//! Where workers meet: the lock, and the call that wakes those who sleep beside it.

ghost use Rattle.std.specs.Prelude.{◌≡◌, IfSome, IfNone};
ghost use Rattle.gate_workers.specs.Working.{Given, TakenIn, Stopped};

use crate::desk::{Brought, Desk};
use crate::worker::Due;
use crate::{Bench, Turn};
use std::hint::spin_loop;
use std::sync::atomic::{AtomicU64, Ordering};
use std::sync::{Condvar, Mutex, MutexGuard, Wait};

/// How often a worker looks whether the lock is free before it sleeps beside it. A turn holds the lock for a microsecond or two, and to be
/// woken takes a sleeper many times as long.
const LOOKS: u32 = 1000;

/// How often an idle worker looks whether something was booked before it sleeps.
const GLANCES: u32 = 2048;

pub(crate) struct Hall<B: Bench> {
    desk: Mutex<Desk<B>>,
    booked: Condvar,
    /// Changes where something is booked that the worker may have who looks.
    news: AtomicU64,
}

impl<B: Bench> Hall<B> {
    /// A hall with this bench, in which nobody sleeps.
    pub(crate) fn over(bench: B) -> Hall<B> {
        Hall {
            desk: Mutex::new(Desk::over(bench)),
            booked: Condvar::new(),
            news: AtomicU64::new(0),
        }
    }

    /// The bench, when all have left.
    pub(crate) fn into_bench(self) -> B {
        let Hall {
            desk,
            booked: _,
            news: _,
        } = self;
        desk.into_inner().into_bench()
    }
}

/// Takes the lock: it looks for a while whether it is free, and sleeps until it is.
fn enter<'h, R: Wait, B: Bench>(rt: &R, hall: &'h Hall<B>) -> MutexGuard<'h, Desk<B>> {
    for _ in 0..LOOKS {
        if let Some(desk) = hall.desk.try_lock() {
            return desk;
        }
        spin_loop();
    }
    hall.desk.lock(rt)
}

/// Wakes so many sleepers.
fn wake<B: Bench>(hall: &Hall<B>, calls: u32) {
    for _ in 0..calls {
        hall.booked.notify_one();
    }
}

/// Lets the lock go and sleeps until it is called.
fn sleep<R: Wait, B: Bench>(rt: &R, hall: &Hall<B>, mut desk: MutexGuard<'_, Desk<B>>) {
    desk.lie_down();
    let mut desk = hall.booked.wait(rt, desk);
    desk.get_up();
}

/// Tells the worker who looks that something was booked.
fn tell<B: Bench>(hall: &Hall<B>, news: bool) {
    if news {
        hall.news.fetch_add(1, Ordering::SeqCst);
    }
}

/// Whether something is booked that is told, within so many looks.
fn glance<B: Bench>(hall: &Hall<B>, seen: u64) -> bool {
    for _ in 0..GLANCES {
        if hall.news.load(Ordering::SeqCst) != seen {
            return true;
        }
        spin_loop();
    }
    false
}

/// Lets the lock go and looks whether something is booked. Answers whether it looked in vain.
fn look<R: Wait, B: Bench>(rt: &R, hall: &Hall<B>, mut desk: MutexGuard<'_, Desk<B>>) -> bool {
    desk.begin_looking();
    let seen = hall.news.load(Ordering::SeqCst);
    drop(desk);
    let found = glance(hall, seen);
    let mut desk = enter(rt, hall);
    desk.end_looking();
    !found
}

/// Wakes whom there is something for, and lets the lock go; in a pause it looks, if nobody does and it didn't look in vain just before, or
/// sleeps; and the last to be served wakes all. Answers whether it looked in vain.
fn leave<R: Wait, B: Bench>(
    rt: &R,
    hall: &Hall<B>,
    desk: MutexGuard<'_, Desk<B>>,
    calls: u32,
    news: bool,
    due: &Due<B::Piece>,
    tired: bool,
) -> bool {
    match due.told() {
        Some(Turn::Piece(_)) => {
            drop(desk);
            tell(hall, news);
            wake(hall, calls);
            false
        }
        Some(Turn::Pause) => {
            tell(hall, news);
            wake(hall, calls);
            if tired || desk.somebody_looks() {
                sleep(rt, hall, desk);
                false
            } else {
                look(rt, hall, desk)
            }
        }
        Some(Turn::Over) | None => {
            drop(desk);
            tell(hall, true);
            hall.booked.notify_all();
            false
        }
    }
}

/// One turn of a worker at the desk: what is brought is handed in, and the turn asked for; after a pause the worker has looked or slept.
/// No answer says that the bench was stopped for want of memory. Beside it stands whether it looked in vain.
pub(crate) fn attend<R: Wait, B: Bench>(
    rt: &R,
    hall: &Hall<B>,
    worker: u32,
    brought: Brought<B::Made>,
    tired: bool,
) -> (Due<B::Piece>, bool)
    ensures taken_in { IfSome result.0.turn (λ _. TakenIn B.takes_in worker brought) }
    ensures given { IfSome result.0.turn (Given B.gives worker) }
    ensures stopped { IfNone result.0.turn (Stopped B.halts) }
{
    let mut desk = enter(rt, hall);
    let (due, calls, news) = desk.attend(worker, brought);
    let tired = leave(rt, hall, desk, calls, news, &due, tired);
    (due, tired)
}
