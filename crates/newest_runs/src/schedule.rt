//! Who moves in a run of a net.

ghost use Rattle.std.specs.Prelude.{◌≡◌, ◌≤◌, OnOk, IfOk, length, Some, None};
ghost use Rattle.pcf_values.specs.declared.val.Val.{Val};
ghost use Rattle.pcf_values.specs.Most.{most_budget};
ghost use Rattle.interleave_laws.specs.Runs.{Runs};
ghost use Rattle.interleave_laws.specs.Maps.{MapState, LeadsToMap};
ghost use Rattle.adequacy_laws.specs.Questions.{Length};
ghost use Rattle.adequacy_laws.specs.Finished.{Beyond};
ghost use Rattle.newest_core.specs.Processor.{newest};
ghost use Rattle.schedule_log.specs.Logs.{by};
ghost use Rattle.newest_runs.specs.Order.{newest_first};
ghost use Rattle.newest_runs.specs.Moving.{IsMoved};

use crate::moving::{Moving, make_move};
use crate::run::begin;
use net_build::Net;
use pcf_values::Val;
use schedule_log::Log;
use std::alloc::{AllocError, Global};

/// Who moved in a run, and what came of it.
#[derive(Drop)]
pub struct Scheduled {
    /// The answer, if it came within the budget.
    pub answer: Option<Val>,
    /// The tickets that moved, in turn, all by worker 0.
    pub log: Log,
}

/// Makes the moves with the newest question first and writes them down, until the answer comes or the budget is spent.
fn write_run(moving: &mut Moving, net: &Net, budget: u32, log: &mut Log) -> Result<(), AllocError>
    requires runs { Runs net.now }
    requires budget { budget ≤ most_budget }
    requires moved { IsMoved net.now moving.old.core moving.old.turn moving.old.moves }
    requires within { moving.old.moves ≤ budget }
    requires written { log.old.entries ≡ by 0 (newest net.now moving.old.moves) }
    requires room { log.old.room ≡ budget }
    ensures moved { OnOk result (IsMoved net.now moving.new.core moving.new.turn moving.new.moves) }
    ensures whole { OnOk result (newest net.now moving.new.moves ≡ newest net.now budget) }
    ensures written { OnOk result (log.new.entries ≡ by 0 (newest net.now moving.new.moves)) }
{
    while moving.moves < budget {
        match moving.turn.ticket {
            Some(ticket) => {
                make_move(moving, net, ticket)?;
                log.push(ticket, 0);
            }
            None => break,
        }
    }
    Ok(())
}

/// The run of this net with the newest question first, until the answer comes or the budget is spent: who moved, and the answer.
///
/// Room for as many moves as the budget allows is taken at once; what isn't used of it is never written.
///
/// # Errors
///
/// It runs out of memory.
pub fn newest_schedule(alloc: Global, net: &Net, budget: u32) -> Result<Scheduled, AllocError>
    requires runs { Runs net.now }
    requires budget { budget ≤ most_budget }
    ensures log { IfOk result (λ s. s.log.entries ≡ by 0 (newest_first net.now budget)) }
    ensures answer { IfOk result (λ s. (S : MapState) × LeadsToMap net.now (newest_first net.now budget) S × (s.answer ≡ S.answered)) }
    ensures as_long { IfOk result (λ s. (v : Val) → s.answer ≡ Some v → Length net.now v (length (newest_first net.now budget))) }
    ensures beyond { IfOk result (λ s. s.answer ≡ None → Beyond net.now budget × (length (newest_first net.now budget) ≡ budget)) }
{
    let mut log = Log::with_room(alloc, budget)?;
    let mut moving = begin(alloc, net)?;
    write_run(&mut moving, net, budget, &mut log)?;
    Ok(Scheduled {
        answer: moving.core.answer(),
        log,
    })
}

──────────────────────────────

— Task —
The required output is the stretch of entries above from the line containing "IfSome result.0.turn (λ" through the line containing "budget is spent.", reproduced exactly.

— Answer —
    ensures taken_in { IfSome result.0.turn (λ _. TakenIn B.takes_in worker brought) }
    ensures given { IfSome result.0.turn (Given B.gives worker) }
    ensures stopped { IfNone result.0.turn (Stopped B.halts) }
{
    let mut desk = enter(rt, hall);
    let (due, calls, news) = desk.attend(worker, brought);
    let tired = leave(rt, hall, desk, calls, news, &due, tired);
    (due, tired)
}
filename crates/newest_runs/src/schedule.rt
//! Who moves in a run of a net.

ghost use Rattle.std.specs.Prelude.{◌≡◌, ◌≤◌, OnOk, IfOk, length, Some, None};
ghost use Rattle.pcf_values.specs.declared.val.Val.{Val};
ghost use Rattle.pcf_values.specs.Most.{most_budget};
ghost use Rattle.interleave_laws.specs.Runs.{Runs};
ghost use Rattle.interleave_laws.specs.Maps.{MapState, LeadsToMap};
ghost use Rattle.adequacy_laws.specs.Questions.{Length};
ghost use Rattle.adequacy_laws.specs.Finished.{Beyond};
ghost use Rattle.newest_core.specs.Processor.{newest};
ghost use Rattle.schedule_log.specs.Logs.{by};
ghost use Rattle.newest_runs.specs.Order.{newest_first};
ghost use Rattle.newest_runs.specs.Moving.{IsMoved};

use crate::moving::{Moving, make_move};
use crate::run::begin;
use net_build::Net;
use pcf_values::Val;
use schedule_log::Log;
use std::alloc::{AllocError, Global};

/// Who moved in a run, and what came of it.
#[derive(Drop)]
pub struct Scheduled {
    /// The answer, if it came within the budget.
    pub answer: Option<Val>,
    /// The tickets that moved, in turn, all by worker 0.
    pub log: Log,
}

/// Makes the moves with the newest question first and writes them down, until the answer comes or the budget is spent.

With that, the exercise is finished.